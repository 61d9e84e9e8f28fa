//! Down to a slice of a split, and up again, on one path. No form is copied.
ghost use Rattle.std.specs.Prelude.{◌≡◌, ℤ, List, [], OnOk, OnErr};
ghost use Rattle.farkas_rows.specs.declared.path.Slice.{Slice};
ghost use Rattle.proof_tree.specs.Trees.{on_slice};

use farkas_rows::{Path, Slice};
use sequence::NoMemory;
use spaces::{Form, Original};
use std::alloc::Global;
use std::mem;

/// Goes down to the slice on which the form has the value `beta`. The form moves to the path. Where no memory is to be had,
/// it is dropped.
pub(crate) fn go_down(
    alloc: Global,
    path: &mut Path,
    form: &mut Form<Original>,
    beta: i128,
) -> Result<(), NoMemory>
    ensures path { OnOk result (path.new ≡ on_slice path.old form.old beta) }
    ensures err { OnErr result (path.new ≡ path.old) }
    ensures form { form.new ≡ [] }
{
    let form = mem::replace(form, Form::of(Vec::new(alloc)));
    path.push(Slice { form, beta })
}

/// Goes up from a slice. Its form moves back.
pub(crate) fn go_up(path: &mut Path, form: &mut Form<Original>)
    ensures path { (above : List Slice) (moved : List ℤ) (beta : ℤ) → path.old ≡ on_slice above moved beta → path.new ≡ above }
    ensures form { (above : List Slice) (moved : List ℤ) (beta : ℤ) → path.old ≡ on_slice above moved beta → form.new ≡ moved }
{
    if let Some(slice) = path.pop() {
        *form = slice.form;
    }
}
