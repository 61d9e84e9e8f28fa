//! The kinds of bounds.
ghost use Rattle.std.specs.Prelude.{◌≡◌};
ghost use Rattle.mps_model.specs.Tables.{bound_kind_of, takes_value as value_taken};
ghost use Rattle.mps_model.specs.Bounds.{lower_by, upper_by, makes_integer as integer_is_made};

use frac128::Frac;

/// What a line of BOUNDS makes of its column, by its two letters.
#[derive(Clone, Copy, Debug, PartialEq, Eq)]
pub enum BoundKind {
    /// A lower bound.
    Lo,
    /// An upper bound.
    Up,
    /// Both bounds, at one number.
    Fx,
    /// No bound.
    Fr,
    /// No lower bound.
    Mi,
    /// No upper bound.
    Pl,
    /// An integer from 0 to 1.
    Bv,
    /// A lower bound of an integer.
    Li,
    /// An upper bound of an integer.
    Ui,
}

impl BoundKind {
    /// The kind with these letters.
    pub(crate) fn from_word(word: &[u8]) -> Option<BoundKind>
        ensures { result ≡ bound_kind_of word.now }
    {
        match word {
            b"LO" => Some(BoundKind::Lo),
            b"UP" => Some(BoundKind::Up),
            b"FX" => Some(BoundKind::Fx),
            b"FR" => Some(BoundKind::Fr),
            b"MI" => Some(BoundKind::Mi),
            b"PL" => Some(BoundKind::Pl),
            b"BV" => Some(BoundKind::Bv),
            b"LI" => Some(BoundKind::Li),
            b"UI" => Some(BoundKind::Ui),
            _ => None,
        }
    }

    /// A value counts for this kind.
    pub(crate) fn takes_value(self) -> bool
        ensures { result ≡ value_taken self }
    {
        !matches!(
            self,
            BoundKind::Fr | BoundKind::Mi | BoundKind::Pl | BoundKind::Bv
        )
    }

    /// What a bound of this value makes of the lower side: nothing, or no bound at all, or its number.
    pub(crate) fn lower_side(self, value: Frac) -> Option<Option<Frac>>
        ensures { result ≡ lower_by self value }
    {
        match self {
            BoundKind::Lo | BoundKind::Fx | BoundKind::Li => Some(Some(value)),
            BoundKind::Bv => Some(Some(Frac::whole(0))),
            BoundKind::Fr | BoundKind::Mi => Some(None),
            BoundKind::Up | BoundKind::Pl | BoundKind::Ui => None,
        }
    }

    /// The same of the upper side.
    pub(crate) fn upper_side(self, value: Frac) -> Option<Option<Frac>>
        ensures { result ≡ upper_by self value }
    {
        match self {
            BoundKind::Up | BoundKind::Fx | BoundKind::Ui => Some(Some(value)),
            BoundKind::Bv => Some(Some(Frac::whole(1))),
            BoundKind::Fr | BoundKind::Pl => Some(None),
            BoundKind::Lo | BoundKind::Mi | BoundKind::Li => None,
        }
    }

    /// Whether the kind makes its column integer.
    pub(crate) fn makes_integer(self) -> bool
        ensures { result ≡ integer_is_made self }
    {
        matches!(self, BoundKind::Bv | BoundKind::Li | BoundKind::Ui)
    }
}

REQUIRED WORK: Pull out every line of the records that includes the string "moves".

TASK OUTPUT:
/// Goes down to the slice on which the form has the value `beta`. The form moves to the path. Where no memory is to be had,
/// Goes up from a slice. Its form moves back.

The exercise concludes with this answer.